The Keys To Progress
I've made a bold decision to follow the routines and advice given by John McCallum in his book "The Complete Keys To Progress." Originally a series of articles printed Strength & Health magazine in the 60's, KTP takes a person from the beginner/intermediate stage of lifting to advanced lifting in several years. Each "month" McCallum will talk about training, routines of famous bodybuilders (at that time), nutrition, gaining weight, health issues, concentration, or many other BB'ing topics. He leaves few stones unturned. Most chapter themes are wrapped around entertaining and humorous stories that make the book much more than just your average training book.
The idea is to follow the book chronologically. You follow the last routine given until a new one is listed with each "chapter" (originally a column in the magazine) lasting one month. Not every chapter lists routines. For example, the first routine is listed in Ch. 1 and the next routine is not until Ch. 5 so you follow the first routine for 4 months. I'm not sure how long the entire "program" is, I lost count at 2 years.
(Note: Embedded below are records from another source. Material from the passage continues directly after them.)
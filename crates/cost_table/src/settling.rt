//! The labels that a turn of a reach settles.

ghost use Rattle.std.specs.Prelude.{ℕ, ◌≡◌, IfOk, OnErr, false};
ghost use Rattle.space_search.specs.declared.outcome.Outcome.TheVariants as outcome;
ghost use Rattle.bike_space.specs.Kept.{task_of};
ghost use Rattle.cost_table.specs.Reaches.{AnswersReach, CountsReach, EndsBy, IsFailed, IsFresh, IsNoted, IsOneMore, IsReachOn, IsUnderWay, StaysReach, StepsTo, TurnsReach, quest_of, settled_of, stage_after};

use crate::endless::Endless;
use crate::reach::{Reach, Stage};
use crate::turn::ReachTurn;
use bike_space::BikeSpace;
use cost_model::TerrainOf;
use item_list::Turn;
use overpass_graph::Map;
use space_search::Outcome;
use std::alloc::AllocError;

impl Reach {
    /// The first turn: the node that is left is found, and where that is all, no label is settled.
    pub(crate) fn first_turn<G: TerrainOf>(
        &mut self,
        space: &BikeSpace<G>,
        map: &Map,
        quota: u32,
    ) -> Result<ReachTurn, AllocError>
        requires on { IsReachOn (task_of (G.terrain space.now.terrain) space.now.kept) self.old }
        requires fresh { IsFresh self.old }
        requires unused { (link : ℕ) →
            (task_of (G.terrain space.now.terrain) space.now.kept).used link ≡ false }
        requires map { map.now ≡ (G.terrain space.now.terrain).map }
        ensures turns { TurnsReach (task_of (G.terrain space.now.terrain) space.now.kept)
            self.old self.new }
        ensures exact { IfOk result (AnswersReach (quest_of
            (task_of (G.terrain space.now.terrain) space.now.kept) self.old) self.new) }
        ensures counts { IfOk result (CountsReach quota (quest_of
            (task_of (G.terrain space.now.terrain) space.now.kept) self.old).limit
            (settled_of self.old) (settled_of self.new)) }
        ensures failed { OnErr result (IsFailed self.new) }
    {
        self.stage = Stage::Failed;
        if self.found.begin(self.source)? {
            self.stage = Stage::Done;
            return Ok(ReachTurn::Done);
        }
        self.go_on(space, map, quota)
    }

    /// A turn of a reach that is under way.
    pub(crate) fn go_on<G: TerrainOf>(
        &mut self,
        space: &BikeSpace<G>,
        map: &Map,
        quota: u32,
    ) -> Result<ReachTurn, AllocError>
        requires way { IsUnderWay (task_of (G.terrain space.now.terrain) space.now.kept) self.old }
        requires unused { (link : ℕ) →
            (task_of (G.terrain space.now.terrain) space.now.kept).used link ≡ false }
        requires map { map.now ≡ (G.terrain space.now.terrain).map }
        ensures turns { TurnsReach (task_of (G.terrain space.now.terrain) space.now.kept)
            self.old self.new }
        ensures exact { IfOk result (AnswersReach (quest_of
            (task_of (G.terrain space.now.terrain) space.now.kept) self.old) self.new) }
        ensures counts { IfOk result (CountsReach quota (quest_of
            (task_of (G.terrain space.now.terrain) space.now.kept) self.old).limit
            (settled_of self.old) (settled_of self.new)) }
        ensures failed { OnErr result (IsFailed self.new) }
    {
        self.stage = Stage::Failed;
        let turn = self.settle_many(space, map, quota)?;
        self.stage = after_turn(turn);
        Ok(turn)
    }

    /// Settles labels until as many are settled as the quota says, or the reach is at its end.
    fn settle_many<G: TerrainOf>(
        &mut self,
        space: &BikeSpace<G>,
        map: &Map,
        quota: u32,
    ) -> Result<ReachTurn, AllocError>
        requires way { IsUnderWay (task_of (G.terrain space.now.terrain) space.now.kept) self.old }
        requires unused { (link : ℕ) →
            (task_of (G.terrain space.now.terrain) space.now.kept).used link ≡ false }
        requires map { map.now ≡ (G.terrain space.now.terrain).map }
        ensures stays { StaysReach (task_of (G.terrain space.now.terrain) space.now.kept)
            self.old self.new }
        ensures steps { IfOk result (StepsTo (task_of (G.terrain space.now.terrain) space.now.kept)
            (quest_of (task_of (G.terrain space.now.terrain) space.now.kept) self.old) self.new) }
        ensures counts { IfOk result (CountsReach quota (quest_of
            (task_of (G.terrain space.now.terrain) space.now.kept) self.old).limit
            (settled_of self.old) (settled_of self.new)) }
    {
        let mut count = 0;
        'labels: while count < quota {
            match self.settle(space, map)? {
                ReachTurn::More => count += 1,
                ReachTurn::Done => return Ok(ReachTurn::Done),
                ReachTurn::Budget => return Ok(ReachTurn::Budget),
            }
        }
        Ok(ReachTurn::More)
    }

    /// Settles one label, and notes what it costs to come where it arrives.
    fn settle<G: TerrainOf>(
        &mut self,
        space: &BikeSpace<G>,
        map: &Map,
    ) -> Result<ReachTurn, AllocError>
        requires way { IsUnderWay (task_of (G.terrain space.now.terrain) space.now.kept) self.old }
        requires unused { (link : ℕ) →
            (task_of (G.terrain space.now.terrain) space.now.kept).used link ≡ false }
        requires map { map.now ≡ (G.terrain space.now.terrain).map }
        ensures stays { StaysReach (task_of (G.terrain space.now.terrain) space.now.kept)
            self.old self.new }
        ensures steps { IfOk result (StepsTo (task_of (G.terrain space.now.terrain) space.now.kept)
            (quest_of (task_of (G.terrain space.now.terrain) space.now.kept) self.old) self.new) }
        ensures counts { IfOk result (CountsReach 1 (quest_of
            (task_of (G.terrain space.now.terrain) space.now.kept) self.old).limit
            (settled_of self.old) (settled_of self.new)) }
    {
        let turn = self.search.turn(&Endless::new(space), &mut (), 1);
        match turn? {
            Turn::More(_) => self.note(space, map),
            Turn::Done(end) => ended(end),
        }
    }

    /// Notes what it costs to come where the last settled label arrives, and counts the label. One
    /// more than the limit is neither noted nor counted: it is looked at alone.
    fn note<G: TerrainOf>(
        &mut self,
        _space: &BikeSpace<G>,
        map: &Map,
    ) -> Result<ReachTurn, AllocError>
        requires more { IsOneMore
            (task_of (G.terrain _space.now.terrain) _space.now.kept) self.old }
        requires unused { (link : ℕ) →
            (task_of (G.terrain _space.now.terrain) _space.now.kept).used link ≡ false }
        requires map { map.now ≡ (G.terrain _space.now.terrain).map }
        ensures stays { IsNoted self.old self.new }
        ensures counts { IfOk result (CountsReach 1 (quest_of
            (task_of (G.terrain _space.now.terrain) _space.now.kept) self.old).limit
            (settled_of self.old) (settled_of self.new)) }
        ensures steps { IfOk result (StepsTo
            (task_of (G.terrain _space.now.terrain) _space.now.kept)
            (quest_of (task_of (G.terrain _space.now.terrain) _space.now.kept) self.old) self.new) }
    {
        let label = self.settled;
        let cost = self.search.cost_of(label);
        if label as u64 == self.limit {
            return Ok(self.found.past(cost));
        }
        self.settled += 1;
        let node = map.link(self.search.state_of(label).link).to;
        if self.found.note(node, cost)? {
            Ok(ReachTurn::Done)
        } else {
            Ok(ReachTurn::More)
        }
    }
}

/// The end of a reach by that of its search, which finds no goal. It is want of memory where the
/// search can hold no more labels.
fn ended(end: Outcome<u32>) -> Result<ReachTurn, AllocError>
    ensures value { IfOk result (EndsBy end) }
    ensures full { OnErr result (end ≡ outcome.Budget) }
{
    match end {
        Outcome::Budget => Err(AllocError),
        _ => Ok(ReachTurn::Done),
    }
}

/// How far a reach is after this turn.
fn after_turn(turn: ReachTurn) -> Stage
    ensures value { result ≡ stage_after turn }
{
    match turn {
        ReachTurn::More => Stage::Running,
        ReachTurn::Done => Stage::Done,
        ReachTurn::Budget => Stage::Spent,
    }
}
Since I always talk about how this is the best training book I've ever read it's time to put my money where my mouth is, place my trust into McCallum's hands, and give it a go.
My short term goal is to just complete the first routine "Time Factor" which is 4 months long. My long term goal is to complete the first 5 routines which will take 14 months total. My super long term goal is to complete the whole book which would take well over 2 years. We'll see how far I get. I know of several people who have done the first 4 routines and only one person who has completed the entire book.
Anyone interested in KTP can get it at www.davedraper.com or www.ironmind.com You can also read an excerpt from KTP at Dave Draper's website.
The first KTP routine is called "Time Factor" and here is how it is layed out in the book:
Press Behind the Neck: 2 sets of 12 reps
Bent-rowing Exercise: 3 sets of 15 reps
Bench Press: 3 sets of 12 reps
Curls: 1 set of 10 reps
Squats: 2 sets of 15
Pullovers: 2 sets of 20 reps (each set done right after a set of squats)
SLDL: 1 set of 15 reps
Leg Raises: 1 set of 25 reps
This is done 3 times a week for 4 months. This is a routine designed for beginners or intermediates and I rate myself as somewhere in between the two.
The only change I'll be making is to do the Press to the front and not behind the neck. 3x a week is going to be tough and will demand lots of good food and plenty of rest. The food part I can handle but I'll need to work on getting more sleep.
My plan is to do the exact reps and increase the poundage at least every other workout via microloading. I'll be starting the weights out a little low to adjust to the higher rep range. I'm used to working in the 5 - 8 rep range so this is a bit of an adjustment for me. But this routine is meant to work on size, strength, and conditioning, and conditioning is what I really need right now. This routine will wear my ass out but that's the way I want it. My first workout is tonight. Wish me luck.